What you will do. Please reproduce each line of the data below as it stands.

[Raw data — start]

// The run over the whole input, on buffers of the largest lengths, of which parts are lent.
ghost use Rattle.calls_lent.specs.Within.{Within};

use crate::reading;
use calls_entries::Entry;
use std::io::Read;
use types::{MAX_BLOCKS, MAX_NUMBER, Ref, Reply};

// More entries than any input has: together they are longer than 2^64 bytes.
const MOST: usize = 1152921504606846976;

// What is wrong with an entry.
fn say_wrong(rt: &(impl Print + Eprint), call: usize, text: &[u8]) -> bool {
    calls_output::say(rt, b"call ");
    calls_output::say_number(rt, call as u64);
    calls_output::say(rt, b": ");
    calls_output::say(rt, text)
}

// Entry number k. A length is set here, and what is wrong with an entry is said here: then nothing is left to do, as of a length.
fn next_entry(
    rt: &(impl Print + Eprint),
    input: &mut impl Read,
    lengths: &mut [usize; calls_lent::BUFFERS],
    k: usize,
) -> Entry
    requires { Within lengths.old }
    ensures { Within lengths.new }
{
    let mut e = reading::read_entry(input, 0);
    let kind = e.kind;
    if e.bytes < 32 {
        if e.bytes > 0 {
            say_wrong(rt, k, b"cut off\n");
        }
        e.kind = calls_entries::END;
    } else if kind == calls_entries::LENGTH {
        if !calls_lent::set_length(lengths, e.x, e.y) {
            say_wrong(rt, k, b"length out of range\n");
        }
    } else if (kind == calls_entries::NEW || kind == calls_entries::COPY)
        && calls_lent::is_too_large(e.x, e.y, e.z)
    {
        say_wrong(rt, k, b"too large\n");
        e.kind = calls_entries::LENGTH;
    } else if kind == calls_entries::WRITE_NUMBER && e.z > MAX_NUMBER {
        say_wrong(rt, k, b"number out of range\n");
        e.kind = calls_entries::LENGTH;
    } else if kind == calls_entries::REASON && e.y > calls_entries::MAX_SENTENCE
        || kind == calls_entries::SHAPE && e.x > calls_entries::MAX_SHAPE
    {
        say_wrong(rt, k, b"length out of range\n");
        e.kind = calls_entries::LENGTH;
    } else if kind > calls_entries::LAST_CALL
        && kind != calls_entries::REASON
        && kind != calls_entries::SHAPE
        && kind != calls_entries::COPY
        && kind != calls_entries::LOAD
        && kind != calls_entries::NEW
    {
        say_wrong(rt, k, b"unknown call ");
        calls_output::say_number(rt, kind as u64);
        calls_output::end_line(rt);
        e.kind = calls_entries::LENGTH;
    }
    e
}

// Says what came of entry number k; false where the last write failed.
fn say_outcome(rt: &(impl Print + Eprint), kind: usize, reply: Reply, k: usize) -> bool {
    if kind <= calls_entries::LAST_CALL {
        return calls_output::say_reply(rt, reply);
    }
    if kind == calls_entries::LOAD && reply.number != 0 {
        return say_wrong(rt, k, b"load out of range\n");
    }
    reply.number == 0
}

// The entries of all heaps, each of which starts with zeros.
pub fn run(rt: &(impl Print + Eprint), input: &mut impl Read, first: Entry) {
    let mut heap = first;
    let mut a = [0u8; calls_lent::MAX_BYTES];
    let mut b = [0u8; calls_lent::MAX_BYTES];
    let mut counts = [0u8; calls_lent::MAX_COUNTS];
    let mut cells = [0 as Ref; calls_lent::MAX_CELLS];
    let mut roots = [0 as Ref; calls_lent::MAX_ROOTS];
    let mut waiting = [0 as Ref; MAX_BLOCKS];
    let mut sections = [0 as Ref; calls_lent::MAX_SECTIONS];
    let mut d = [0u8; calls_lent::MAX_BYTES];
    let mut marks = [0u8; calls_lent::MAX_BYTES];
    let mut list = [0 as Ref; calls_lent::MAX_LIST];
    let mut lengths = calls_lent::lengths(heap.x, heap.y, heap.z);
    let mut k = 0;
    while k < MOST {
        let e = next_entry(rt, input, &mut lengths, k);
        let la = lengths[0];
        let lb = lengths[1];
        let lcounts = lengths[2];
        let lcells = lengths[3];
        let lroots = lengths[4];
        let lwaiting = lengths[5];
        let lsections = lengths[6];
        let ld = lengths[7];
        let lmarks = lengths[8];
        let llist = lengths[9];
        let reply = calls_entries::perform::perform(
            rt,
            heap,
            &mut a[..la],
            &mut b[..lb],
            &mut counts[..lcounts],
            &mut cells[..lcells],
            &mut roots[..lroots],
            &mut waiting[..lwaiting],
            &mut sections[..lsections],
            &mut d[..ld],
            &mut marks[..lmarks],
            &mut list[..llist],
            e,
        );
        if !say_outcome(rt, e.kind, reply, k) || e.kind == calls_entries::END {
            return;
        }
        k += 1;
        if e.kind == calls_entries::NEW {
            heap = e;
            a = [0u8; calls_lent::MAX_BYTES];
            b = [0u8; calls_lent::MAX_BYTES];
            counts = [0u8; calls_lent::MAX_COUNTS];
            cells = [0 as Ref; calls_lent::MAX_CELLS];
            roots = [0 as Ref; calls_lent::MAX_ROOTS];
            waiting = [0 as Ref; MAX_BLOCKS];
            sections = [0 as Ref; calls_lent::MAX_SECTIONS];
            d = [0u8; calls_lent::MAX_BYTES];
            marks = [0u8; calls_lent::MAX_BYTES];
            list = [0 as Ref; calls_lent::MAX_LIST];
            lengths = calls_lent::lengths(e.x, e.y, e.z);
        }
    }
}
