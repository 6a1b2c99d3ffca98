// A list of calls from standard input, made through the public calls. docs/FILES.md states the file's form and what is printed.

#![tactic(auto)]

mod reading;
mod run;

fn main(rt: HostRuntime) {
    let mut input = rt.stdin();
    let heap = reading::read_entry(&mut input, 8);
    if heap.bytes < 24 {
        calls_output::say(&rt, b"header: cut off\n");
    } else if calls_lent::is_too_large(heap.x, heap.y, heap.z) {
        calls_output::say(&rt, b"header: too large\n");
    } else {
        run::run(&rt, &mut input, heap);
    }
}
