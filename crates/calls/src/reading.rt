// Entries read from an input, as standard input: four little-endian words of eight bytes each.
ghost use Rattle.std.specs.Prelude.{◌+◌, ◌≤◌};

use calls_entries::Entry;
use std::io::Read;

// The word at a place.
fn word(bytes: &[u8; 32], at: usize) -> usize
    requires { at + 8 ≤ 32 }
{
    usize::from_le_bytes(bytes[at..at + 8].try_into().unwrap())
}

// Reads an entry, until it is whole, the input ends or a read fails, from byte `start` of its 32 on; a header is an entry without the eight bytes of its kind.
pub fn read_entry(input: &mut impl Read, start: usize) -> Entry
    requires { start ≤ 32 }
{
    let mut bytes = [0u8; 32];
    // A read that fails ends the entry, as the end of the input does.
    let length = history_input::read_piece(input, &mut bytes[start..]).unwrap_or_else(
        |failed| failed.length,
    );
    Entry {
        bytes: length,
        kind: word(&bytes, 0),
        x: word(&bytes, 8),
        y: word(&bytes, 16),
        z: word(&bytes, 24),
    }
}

[Raw data — finish]

Answer to this problem.
// The run over the whole input, on buffers of the largest lengths, of which parts are lent.
ghost use Rattle.calls_lent.specs.Within.{Within};

use crate::reading;
use calls_entries::Entry;
use std::io::Read;
use types::{MAX_BLOCKS, MAX_NUMBER, Ref, Reply};

// More entries than any input has: together they are longer than 2^64 bytes.
const MOST: usize = 1152921504606846976;

// What is wrong with an entry.
fn say_wrong(rt: &(impl Print + Eprint), call: usize, text: &[u8]) -> bool {
    calls_output::say(rt, b"call ");
    calls_output::say_number(rt, call as u64);
    calls_output::say(rt, b": ");
    calls_output::say(rt, text)
}

// Entry number k. A length is set here, and what is wrong with an entry is said here: then nothing is left to do, as of a length.
fn next_entry(
    rt: &(impl Print + Eprint),
    input: &mut impl Read,
    lengths: &mut [usize; calls_lent::BUFFERS],
    k: usize,
) -> Entry
    requires { Within lengths.old }
    ensures { Within lengths.new }
{
    let mut e = reading::read_entry(input, 0);
    let kind = e.kind;
    if e.bytes < 32 {
        if e.bytes > 0 {
            say_wrong(rt, k, b"cut off\n");
        }
        e.kind = calls_entries::END;
    } else if kind == calls_entries::LENGTH {
        if !calls_lent::set_length(lengths, e.x, e.y) {
            say_wrong(rt, k, b"length out of range\n");
        }
    } else if (kind == calls_entries::NEW || kind == calls_entries::COPY)
        && calls_lent::is_too_large(e.x, e.y, e.z)
    {
        say_wrong(rt, k, b"too large\n");
        e.kind = calls_entries::LENGTH;
    } else if kind == calls_entries::WRITE_NUMBER && e.z > MAX_NUMBER {
        say_wrong(rt, k, b"number out of range\n");
        e.kind = calls_entries::LENGTH;
    } else if kind == calls_entries::REASON && e.y > calls_entries::MAX_SENTENCE
        || kind == calls_entries::SHAPE && e.x > calls_entries::MAX_SHAPE
    {
        say_wrong(rt, k, b"length out of range\n");
        e.kind = calls_entries::LENGTH;
    } else if kind > calls_entries::LAST_CALL
        && kind != calls_entries::REASON
        && kind != calls_entries::SHAPE
        && kind != calls_entries::COPY
        && kind != calls_entries::LOAD
        && kind != calls_entries::NEW
    {
        say_wrong(rt, k, b"unknown call ");
        calls_output::say_number(rt, kind as u64);
        calls_output::end_line(rt);
        e.kind = calls_entries::LENGTH;
    }
    e
}

// Says what came of entry number k; false where the last write failed.
fn say_outcome(rt: &(impl Print + Eprint), kind: usize, reply: Reply, k: usize) -> bool {
    if kind <= calls_entries::LAST_CALL {
        return calls_output::say_reply(rt, reply);
    }
    if kind == calls_entries::LOAD && reply.number != 0 {
        return say_wrong(rt, k, b"load out of range\n");
    }
    reply.number == 0
}

// The entries of all heaps, each of which starts with zeros.
pub fn run(rt: &(impl Print + Eprint), input: &mut impl Read, first: Entry) {
    let mut heap = first;
    let mut a = [0u8; calls_lent::MAX_BYTES];
    let mut b = [0u8; calls_lent::MAX_BYTES];
    let mut counts = [0u8; calls_lent::MAX_COUNTS];
    let mut cells = [0 as Ref; calls_lent::MAX_CELLS];
    let mut roots = [0 as Ref; calls_lent::MAX_ROOTS];
    let mut waiting = [0 as Ref; MAX_BLOCKS];
    let mut sections = [0 as Ref; calls_lent::MAX_SECTIONS];
    let mut d = [0u8; calls_lent::MAX_BYTES];
    let mut marks = [0u8; calls_lent::MAX_BYTES];
    let mut list = [0 as Ref; calls_lent::MAX_LIST];
    let mut lengths = calls_lent::lengths(heap.x, heap.y, heap.z);
    let mut k = 0;
    while k < MOST {
        let e = next_entry(rt, input, &mut lengths, k);
        let la = lengths[0];
        let lb = lengths[1];
        let lcounts = lengths[2];
        let lcells = lengths[3];
        let lroots = lengths[4];
        let lwaiting = lengths[5];
        let lsections = lengths[6];
        let ld = lengths[7];
        let lmarks = lengths[8];
        let llist = lengths[9];
        let reply = calls_entries::perform::perform(
            rt,
            heap,
            &mut a[..la],
            &mut b[..lb],
            &mut counts[..lcounts],
            &mut cells[..lcells],
            &mut roots[..lroots],
            &mut waiting[..lwaiting],
            &mut sections[..lsections],
            &mut d[..ld],
            &mut marks[..lmarks],
            &mut list[..llist],
            e,
        );
        if !say_outcome(rt, e.kind, reply, k) || e.kind == calls_entries::END {
            return;
        }
        k += 1;
        if e.kind == calls_entries::NEW {
            heap = e;
            a = [0u8; calls_lent::MAX_BYTES];
            b = [0u8; calls_lent::MAX_BYTES];
            counts = [0u8; calls_lent::MAX_COUNTS];
            cells = [0 as Ref; calls_lent::MAX_CELLS];
            roots = [0 as Ref; calls_lent::MAX_ROOTS];
            waiting = [0 as Ref; MAX_BLOCKS];
            sections = [0 as Ref; calls_lent::MAX_SECTIONS];
            d = [0u8; calls_lent::MAX_BYTES];
            marks = [0u8; calls_lent::MAX_BYTES];
            list = [0 as Ref; calls_lent::MAX_LIST];
            lengths = calls_lent::lengths(e.x, e.y, e.z);
        }
    }
}
repository 6a1b2c99d3ffca98
// A list of calls from standard input, made through the public calls. docs/FILES.md states the file's form and what is printed.

#![tactic(auto)]

mod reading;
mod run;

fn main(rt: HostRuntime) {
    let mut input = rt.stdin();
    let heap = reading::read_entry(&mut input, 8);
    if heap.bytes < 24 {
        calls_output::say(&rt, b"header: cut off\n");
    } else if calls_lent::is_too_large(heap.x, heap.y, heap.z) {
        calls_output::say(&rt, b"header: too large\n");
    } else {
        run::run(&rt, &mut input, heap);
    }
}
filename crates/calls/src/reading.rt
// Entries read from an input, as standard input: four little-endian words of eight bytes each.
ghost use Rattle.std.specs.Prelude.{◌+◌, ◌≤◌};

use calls_entries::Entry;
use std::io::Read;

// The word at a place.
fn word(bytes: &[u8; 32], at: usize) -> usize
    requires { at + 8 ≤ 32 }
{
    usize::from_le_bytes(bytes[at..at + 8].try_into().unwrap())
}

// Reads an entry, until it is whole, the input ends or a read fails, from byte `start` of its 32 on; a header is an entry without the eight bytes of its kind.
pub fn read_entry(input: &mut impl Read, start: usize) -> Entry
    requires { start ≤ 32 }
{
    let mut bytes = [0u8; 32];
    // A read that fails ends the entry, as the end of the input does.
    let length = history_input::read_piece(input, &mut bytes[start..]).unwrap_or_else(
        |failed| failed.length,
    );
    Entry {
        bytes: length,
        kind: word(&bytes, 0),
        x: word(&bytes, 8),
        y: word(&bytes, 16),
        z: word(&bytes, 24),
    }
}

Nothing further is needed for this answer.